Shahla Ujayli es una escritora sirio-jordana nacida en 1976. Doctorada en Literatura Árabe Moderna por la Universidad de Alepo, enseña literatura árabe moderna en la Universidad Americana de Madaba, Jordania. Tiene en su haber cuatro novelas: El ojo de gato (‘Ayn al-hirr, 2009), que ganó el Premio Nacional de Literatura de Jordania (2009); Una alfombra persa (Sayad ‘ayami, 2012); Un sol cerca de nuestra casa (Shams qariba min baytna, 2015), que fue preseleccionada para la lista corta del Premio Internacional de Ficción Árabe en 2016 y traducida al inglés; Un verano con el enemigo (Sayf ma’a al-‘adu, 2018). Además tiene dos colecciones de cuentos cortos: La mashrabiya (2005) y La cama de la hija del rey (Sarir bint al-malik 2016), que ganó en 2017, en la categoría de Cuento Corto, el Premio Al-Multaqa otorgado por la Universidad Americana de Kuwait. Cuenta también con varios libros de crítica literaria que tratan de la novela árabe en general y de la siria en particular.
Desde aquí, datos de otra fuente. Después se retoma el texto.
pub static ROWS: &str = "\
a ring behind the entry -- C simplify func { b0(): br b1(); b1(): br b2(); b2(): br b1() } => func { b0(): br b1(); b1(): br b1() }
a used value of an unreachable block -- R simplify func { b0(): ret v; b1(): v = const 1; br b1() } => func { b0(): ret v0; b1(): v0 = const 1; br b1() }
an empty module -- U simplify mod { } => mod { }
a known condition, with both edges to one block -- C simplify func { b0(): c = const 0; d = const 2; cbr c b1(c) b1(d); b1(p): ret p } => func { b0(): v0 = const 0; v1 = const 2; ret v1 }
what is forwarded is the argument itself -- U simplify func { b0(): br b1(p); b1(p): ret p } => func { b0(): br b1(v0); b1(v0): ret v0 }
fewer values than the block takes -- U simplify func { b0(): br b1(); b1(p): ret p } => func { b0(): br b1(); b1(v0): ret v0 }
a module's first block alone -- C simplify mod { b0(): func { b0(): br b1(); b1(): ret }; b1(): func { b0(): br b1(); b1(): ret } } \
    => mod { b0(): func { b0(): ret }; b1(): func { b0(): br b1(); b1(): ret } }
a known condition, left by removal -- U remove func { b0(): c = const 0; cbr c b1() b2(); b1(): ret; b2(): ret } => func { b0(): v0 = const 0; cbr v0 b1() b2(); b1(): ret; b2(): ret }
a known condition, left by merging -- U merge func { b0(): c = const 0; cbr c b1() b2(); b1(): ret; b2(): ret } => func { b0(): v0 = const 0; cbr v0 b1() b2(); b1(): ret; b2(): ret }
a known condition -- C simplify func { b0(): c = const 0; cbr c b1() b2(); b1(): ret; b2(): ret } => func { b0(): v0 = const 0; ret }
a ring that is reached -- U remove func { b0(): br b1(); b1(): br b2(); b2(): br b1() } => func { b0(): br b1(); b1(): br b2(); b2(): br b1() }
a ring that is reached, merged -- C merge func { b0(): br b1(); b1(): br b2(); b2(): br b1() } => func { b0(): br b1(); b1(): br b1() }
a loop of one block -- U simplify func { b0(): br b0() } => func { b0(): br b0() }
a condition that is no constant -- U simplify func { b0(): z = const 0; c = add z z; box { }; cbr c b1() b2(); b1(): ret; b2(): ret } \
    => func { b0(): v0 = const 0; v1 = add v0 v0; box { }; cbr v1 b1() b2(); b1(): ret; b2(): ret }
a ring of unreachable blocks -- C simplify func { b0(): ret; b1(): a = const 1; br b2(); b2(): print a; br b1() } => func { b0(): ret }
a use in a nested region -- R simplify func { b0(): br b2(); b1(): v = const 1; br b2(); b2(): scope { b0(): print v; ret }; ret } \
    => func { b0(): br b2(); b1(): v0 = const 1; br b2(); b2(): scope { b0(): print v0; ret }; ret }
a use behind a branch that folds -- R simplify func { b0(): c = const 0; cbr c b1() b2(); b1(): v = const 1; br b2(); b2(): print v; ret } \
    => func { b0(): v0 = const 0; br b2(); b1(): v1 = const 1; br b2(); b2(): print v1; ret }
a region without blocks -- U merge-region mod { } => mod { }
a block that leads to itself -- U merge-block func { b0(): br b0() } => func { b0(): br b0() }
one unreachable block -- C remove func { b0(): ret; b1(): ret } => func { b0(): ret }
all blocks are reached -- U remove func { b0(): br b1(); b1(): ret } => func { b0(): br b1(); b1(): ret }
an unreachable predecessor -- C remove func { b0(): br b2(); b1(): br b2(); b2(): ret } => func { b0(): br b1(); b1(): ret }
unreachable blocks that use one another -- C remove func { b0(): ret; b1(): a = add b b; br b2(); b2(): b = add a a; br b1() } => func { b0(): ret }
a used value of an unreachable block, in removal -- R remove func { b0(): ret v; b1(): v = const 1; br b1() } => func { b0(): ret v0; b1(): v0 = const 1; br b1() }
an empty module, in removal -- U remove mod { } => mod { }
a module's first block alone, in removal -- C remove mod { b0(): func { b0(): ret; b1(): ret }; b1(): func { b0(): ret; b1(): ret } } \
    => mod { b0(): func { b0(): ret }; b1(): func { b0(): ret; b1(): ret } }
what is forwarded is the argument itself, in merging -- U merge func { b0(): br b1(p); b1(p): ret p } => func { b0(): br b1(v0); b1(v0): ret v0 }
fewer values than the block takes, in merging -- U merge func { b0(): br b1(); b1(p): ret p } => func { b0(): br b1(); b1(v0): ret v0 }
an empty module, in merging -- U merge mod { } => mod { }
an argument becomes what is forwarded -- C merge func { b0(): x = const 1; br b1(x); b1(p): ret p } => func { b0(): v0 = const 1; ret v0 }
a chain of blocks -- C merge func { b0(): br b1(); b1(): br b2(); b2(): br b3(); b3(): ret } => func { b0(): ret }
a module's first block alone, in merging -- C merge mod { b0(): func { b0(): br b1(); b1(): ret }; b1(): func { b0(): br b1(); b1(): ret } } \
    => mod { b0(): func { b0(): ret }; b1(): func { b0(): br b1(); b1(): ret } }
a loop of one block, in merging -- U merge func { b0(): br b0() } => func { b0(): br b0() }
two arguments the other way round -- C merge func { b0(): a = const 1; b = const 2; br b1(b, a); b1(p, q): ret p q } => func { b0(): v0 = const 1; v1 = const 2; ret v1 v0 }
a diamond -- U merge func { b0(x): cbr x b1() b2(); b1(): br b3(); b2(): br b3(); b3(): ret } => func { b0(v0): cbr v0 b1() b2(); b1(): br b3(); b2(): br b3(); b3(): ret }
a loop behind the entry -- U simplify func { b0(): br b1(); b1(): br b1() } => func { b0(): br b1(); b1(): br b1() }
an unreachable loop -- C simplify func { b0(): ret; b1(): br b1() } => func { b0(): ret }
boxes without blocks, and with an empty one -- C simplify func { b0(): box { }; br b1(); b1(): box { b0(): }; ret } => func { b0(): box { }; box { b0(): }; ret }
more values than the block takes -- U simplify func { b0(): x = const 1; br b1(x, x); b1(p): ret p } => func { b0(): v0 = const 1; br b1(v0, v0); b1(v1): ret v1 }
one of two arguments is forwarded to itself -- U simplify func { b0(): x = const 1; br b1(x, q); b1(p, q): ret p } => func { b0(): v0 = const 1; br b1(v0, v2); b1(v1, v2): ret v1 }
arguments through a chain -- C simplify func { b0(): x = const 1; br b1(x); b1(p): br b2(p); b2(q): br b3(p, q); b3(r, s): ret r s } => func { b0(): v0 = const 1; ret v0 v0 }
a fork's edges -- U simplify func { b0(x): fork x b1 b1; b1(p): ret p } => func { b0(v0): fork v0 b1 b1; b1(v1): ret v1 }
two edges of a branch to one block -- U simplify func { b0(x): cbr x b1() b1(); b1(): ret } => func { b0(v0): cbr v0 b1() b1(); b1(): ret }
a block without operations -- C simplify func { b0(): br b1(); b1(): } => func { b0(): }
an entry without operations -- U simplify func { b0(): } => func { b0(): }
a condition that a merge makes known -- C simplify func { b0(): m = const 1; cbr m b1() b0(); b1(): br b2(m); b2(p): cbr p b1() b3(); b3(): ret } \
    => func { b0(): v0 = const 1; br b1(); b1(): cbr v0 b1() b2(); b2(): ret }
a region of a block that is merged -- C simplify func { b0(x): br b1(x); b1(p): scope p { b0(q): br b1(q); b1(r): print r; print p; ret }; print p; ret p } \
    => func { b0(v0): scope v0 { b0(v1): print v1; print v0; ret }; print v0; ret v0 }
an unreachable box whose inner value is used -- C simplify func { b0(): ret; b1(): box { b0(): k = const 4 }; print k; ret } => func { b0(): ret }
an inner value that is used outside its box -- R simplify func { b0(): box { b0(): ret; b1(): k = const 4; ret }; print k; ret } => func { b0(): box { b0(): ret; b1(): v0 = const 4; ret }; print v0; ret }
a branch in a box -- C simplify func { b0(): box { b0(): c = const 0; cbr c b1() b2(); b1(): ret; b2(): ret }; ret } => func { b0(): box { b0(): v0 = const 0; ret }; ret }
a module in a module -- C simplify mod { b0(): mod { b0(): func { b0(): br b1(); b1(): ret }; func { b0(): ret; b1(): ret } }; func { b0(x): br b1(x); b1(p): ret p } } \
    => mod { b0(): mod { b0(): func { b0(): ret }; func { b0(): ret } }; func { b0(v0): ret v0 } }
a known condition, folded -- C fold func { b0(): c = const 1; x = const 5; cbr c b1(x) b2(); b1(p): ret p; b2(): ret } \
    => func { b0(): v0 = const 1; v1 = const 5; br b1(v1); b1(v2): ret v2; b2(): ret }
a known condition in an unreachable block -- C fold func { b0(): ret; b1(): c = const 0; cbr c b1() b1() } => func { b0(): ret; b1(): v0 = const 0; br b1() }
a condition that is an argument -- U fold func { b0(x): cbr x b1() b1(); b1(): ret } => func { b0(v0): cbr v0 b1() b1(); b1(): ret }
a function in an unreachable block of a module -- C fold mod { b0(): ; b1(): func { b0(): c = const 0; cbr c b0() b1(); b1(): ret } } => mod { b0():; b1(): func { b0(): v0 = const 0; br b1(); b1(): ret } }
a region, and one nested in it -- C merge-region func { b0(): x = const 1; br b1(x); b1(p): scope { b0(): br b1(); b1(): ret }; ret p } \
    => func { b0(): v0 = const 1; scope { b0(): ret }; ret v0 }
the regions of a block -- C merge-block func { b0(): scope { b0(): br b1(); b1(): ret }; br b1(); b1(): scope { b0(): br b1(); b1(): ret }; ret } \
    => func { b0(): scope { b0(): ret }; br b1(); b1(): scope { b0(): br b1(); b1(): ret }; ret }
unreachable blocks that would be a pair -- U merge func { b0(): ret; b1(): br b2(); b2(): ret } => func { b0(): ret; b1(): br b2(); b2(): ret }
two predecessors, one of them unreachable -- U merge func { b0(): br b2(); b1(): br b2(); b2(): ret } => func { b0(): br b2(); b1(): br b2(); b2(): ret }
a branch whose way is known -- C simplify func { b0(): c = const 1; x = const 5; cbr c b1(x) b2(); b1(p): br b3(p); b2(): y = const 6; br b3(y); b3(q): ret q } \
    => func { b0(): v0 = const 1; v1 = const 5; ret v1 }
a condition that is an argument until blocks are merged -- C simplify func { b0(): a = const 1; br b1(a); b1(p): cbr p b2() b3(); b2(): ret p; b3(): ret } \
    => func { b0(): v0 = const 1; cbr v0 b1() b2(); b1(): ret v0; b2(): ret }
the region of an empty module -- U remove-region mod { } => mod { }
a block without regions -- U remove-block func { b0(): br b0() } => func { b0(): br b0() }
a region, and one nested in it, in removal -- C remove-region func { b0(): br b2(); b1(): ret; b2(): box { b0(): ret; b1(): ret }; ret } => func { b0(): br b1(); b1(): box { b0(): ret }; ret }
the regions of a block, in removal -- C remove-block func { b0(): box { b0(): ret; b1(): ret }; ret; b1(): box { b0(): ret; b1(): ret } } \
    => func { b0(): box { b0(): ret }; ret; b1(): box { b0(): ret; b1(): ret } }
a used value in a region of the block -- R remove-block func { b0(): box { b0(): print k; ret; b1(): k = const 1; ret }; ret } \
    => func { b0(): box { b0(): print v0; ret; b1(): v0 = const 1; ret }; ret }
a used value in the region -- R remove-region func { b0(): print k; ret; b1(): k = const 1; ret } => func { b0(): print v0; ret; b1(): v0 = const 1; ret }
one unreachable block of the region -- C remove-region func { b0(): ret; b1(): ret } => func { b0(): ret }
the region of a module -- C remove-region mod { b0(): func { b0(): ret; b1(): ret }; b1(): func { b0(): ret; b1(): ret } } \
    => mod { b0(): func { b0(): ret }; b1(): func { b0(): ret; b1(): ret } }
the regions of the first block alone -- C remove-block func { b0(): scope { b0(): ret; b1(): ret }; br b1(); b1(): scope { b0(): ret; b1(): ret }; ret; b2(): ret } \
    => func { b0(): scope { b0(): ret }; br b1(); b1(): scope { b0(): ret; b1(): ret }; ret; b2(): ret }
unreachable blocks beside the block -- U remove-block func { b0(): ret; b1(): ret } => func { b0(): ret; b1(): ret }";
Francisco M. Rodríguez Sierra Doctorado en Filología Árabe por la Universidad de Cádiz (2003), Francisco Manuel Rodríguez Sierra ha sido profesor en la Universidad de Cádiz (2004) y en la Facultad de Traducción de la Universidad de Granada (2006). Fue locutor y coordinador de la Emisión en Lengua Árabe de Radio Exterior de España (2007-2011). Desde 2011 es profesor de Lengua y Literatura Árabes en el Departamento de Estudios Árabes e Islámicos y Estudios Orientales de la Universidad Autónoma de Madrid. Su línea de investigación se centra en la novela árabe moderna y en los Estudios de Traducción. Ha publicado artículos en torno a las traducciones de El Quijote al árabe y la recepción de la obra cervantina en el mundo árabe. Es traductor jurado desde 2005. Asimismo, ha traducido al novelista libanés Rabie Jabir y al novelista marroquí Mubarak Rabie.